I just wanted to say thanks for the great guide on setting up and using the BFD. The manual that comes with the hardware would have been hard to decipher with regards to how to use the hardware to eq a sub. 

I was able to get great results last night. First I got the 1/6 octave response flat to 80dB from 90Hz to 35Hz, plus rising in volume below 35dB down to 20Hz (receiver balance set to RIGHT and right speaker unplugged). Then I ran the LFE channel bass sweep in Avia over and over and tweaked my BFD settings. I was able to get it to stay within the 79-82dB range for most of the sweep, with only a few Hz here and there jumping/dipping outside that range. This is after a dip around 56Hz and 3 rather large, round spikes.

So, thanks for having the guide available. It really helped. :hail: 

I will probably be setting up REW soon and experimenting with that (and/or the trial of TrueRTA), just to see how it all works.


----------



## cyberbri (Apr 27, 2006)

Just two questions.

I didn't set the level in bypass mode at the beginning, since I didn't want to blast WoTW at that time. Is setting the level just putting it in bypass mode, making sure you're not sending too much voltage to the unit, and then just adjusting the gain on the sub itself afterwards to get the right level?

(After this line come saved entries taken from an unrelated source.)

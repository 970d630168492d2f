//! The file of an image, in one layout of three.
//!
//! Promise: it is the file that it is made of.

ghost use Rattle.std.specs.Prelude.{◌≡◌, ◌≤◌, ℕ, IfOk, OnErr, OnOk};
ghost use Rattle.nofs_disk.specs.Disk.{Rose};
ghost use Rattle.nofs_filedisk.specs.Bytes.{IsSynced, KeepsBytes};
ghost use Rattle.nofs_pages.specs.Singles.{SingleRests};
ghost use Rattle.nofs_pages.specs.Twins.{TwinRests};

use crate::page::{MAGIC, PAGE_BYTES};
use crate::paged::Paged;
use crate::place::TWIN_MAGIC;
use crate::single::Single;
use crate::twin::Twin;
use nofs_disk::{Failed, read_u64_at};
use nofs_filedisk::{Positioned, read_part};
use std::alloc::{AllocError, Global};

/// How the cells of an image lie in its file.
#[derive(Clone, Copy, Debug, PartialEq, Eq)]
pub enum Layout {
    /// One behind the other, 1,056 bytes each.
    Packed,
    /// In pages of 4,096 bytes, three each.
    Paged,
    /// In pages of 4,096 bytes with two places, three each.
    Twin,
}

/// "NoFSv001" as a number: a file of cells begins with it.
const PACKED_MAGIC: u64 = 0x3130_3076_5346_6f4e;

/// The file of an image: `B` is one of cells, `P` one in pages, and `T` one in pages with two places.
#[derive(Drop)]
pub enum ImageFile<B: Positioned + Drop, P: Positioned + Drop, T: Positioned + Drop> {
    /// Cells of 1,056 bytes, one behind the other.
    Packed(B),
    /// Pages of three cells.
    Paged(P),
    /// Pages of three cells with two places.
    Twin(T),
}

// The eight bytes at a place of a file, as a number.
fn word_at<B: Positioned>(file: &mut B, at: u64) -> Result<u64, Failed>
    requires { at ≤ 4096 }
    ensures keeps { KeepsBytes (B.state file.old) (B.state file.new) }
    ensures cause { OnErr result (Rose (B.state file.old).faults (B.state file.new).faults) }
    ensures no_fault { OnOk result ((B.state file.new).faults ≡ (B.state file.old).faults) }
{
    let mut word = [0; 8];
    read_part(file, at, &mut word)?;
    Ok(read_u64_at(&word, 0))
}

/// The layout that the first bytes of a file show; one that shows no other is packed. The first place of a file with
/// two places for each page may be blank or torn: then its second one tells.
pub fn layout_of<B: Positioned>(file: &mut B) -> Result<Layout, Failed>
    ensures keeps { KeepsBytes (B.state file.old) (B.state file.new) }
    ensures cause { OnErr result (Rose (B.state file.old).faults (B.state file.new).faults) }
    ensures no_fault { OnOk result ((B.state file.new).faults ≡ (B.state file.old).faults) }
{
    let first = word_at(file, 0)?;
    if first == TWIN_MAGIC {
        return Ok(Layout::Twin);
    }
    if first == MAGIC {
        return Ok(Layout::Paged);
    }
    if first != PACKED_MAGIC && word_at(file, PAGE_BYTES as u64)? == TWIN_MAGIC {
        return Ok(Layout::Twin);
    }
    Ok(Layout::Packed)
}

/// A file in pages, as its cells. All memory is taken here. `fresh` says that it is going to be written anew, whatever
/// is in it.
pub fn single_pages<B: Positioned + Drop>(
    alloc: Global,
    file: B,
    fresh: bool,
) -> Result<Paged<Single<B>>, AllocError>
    requires { (p : ℕ) → SingleRests (B.state file) p }
    ensures { IfOk result (λ paged. IsSynced (⟦<Paged<Single<B>> as Positioned>⟧.state paged)) }
{
    Paged::over(alloc, Single::over(alloc, file, fresh)?)
}

/// A file in pages with two places, as its cells. All memory is taken here. `fresh` says that it is going to be written
/// anew, whatever is in it.
pub fn twin_pages<B: Positioned + Drop>(
    alloc: Global,
    file: B,
    fresh: bool,
) -> Result<Paged<Twin<B>>, AllocError>
    requires { (p : ℕ) → TwinRests (B.state file) p }
    ensures { IfOk result (λ paged. IsSynced (⟦<Paged<Twin<B>> as Positioned>⟧.state paged)) }
{
    Paged::over(alloc, Twin::over(alloc, file, fresh)?)
}

impl<B: Positioned + Drop, P: Positioned + Drop, T: Positioned + Drop> Positioned
    for ImageFile<B, P, T> {
    ghost use Rattle.nofs_filedisk.specs.Bytes.{IsHostFile};
    ghost use Rattle.nofs_pages.specs.declared.layout.ImageFile.TheVariants.{Packed, Paged, Twin};

    ghost state = { λ f. elim f [ Packed file ↦ B.state file | Paged file ↦ P.state file | Twin file ↦ T.state file ] };

    fn read_at(&mut self, at: u64, into: &mut [u8]) -> Result<usize, Failed> {
        match self {
            ImageFile::Packed(file) => file.read_at(at, into),
            ImageFile::Paged(file) => file.read_at(at, into),
            ImageFile::Twin(file) => file.read_at(at, into),
        }
    }

    fn read_ahead(&mut self, at: u64, into: &mut [u8]) -> Result<Option<usize>, Failed> {
        match self {
            ImageFile::Packed(file) => file.read_ahead(at, into),
            ImageFile::Paged(file) => file.read_ahead(at, into),
            ImageFile::Twin(file) => file.read_ahead(at, into),
        }
    }

    fn write_at(&mut self, at: u64, from: &[u8]) -> Result<usize, Failed> {
        match self {
            ImageFile::Packed(file) => file.write_at(at, from),
            ImageFile::Paged(file) => file.write_at(at, from),
            ImageFile::Twin(file) => file.write_at(at, from),
        }
    }

    fn sync(&mut self) -> Result<(), Failed> {
        match self {
            ImageFile::Packed(file) => file.sync(),
            ImageFile::Paged(file) => file.sync(),
            ImageFile::Twin(file) => file.sync(),
        }
    }

    ghost is_file = { λ f. elim f as (λ f. IsHostFile (elim f [
      | Packed file ↦ B.state file
      | Paged file ↦ P.state file
      | Twin file ↦ T.state file
    ])) [ Packed file ↦ B.is_file file | Paged file ↦ P.is_file file | Twin file ↦ T.is_file file ] };
}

Also, I had the switch on the back in the 4 position, not the -10, while I did all my testing. That's not going to have an effect on the levels or performance, is it? IIRC, the Avia sweeps seemed to be fine when I ran them after remembering to push in the switch.


----------



## Sonnie (Apr 11, 2006)

Hey Bri... glad the guide helped.

You are correct on the level setting and I don't see a problem with the switch either.


----------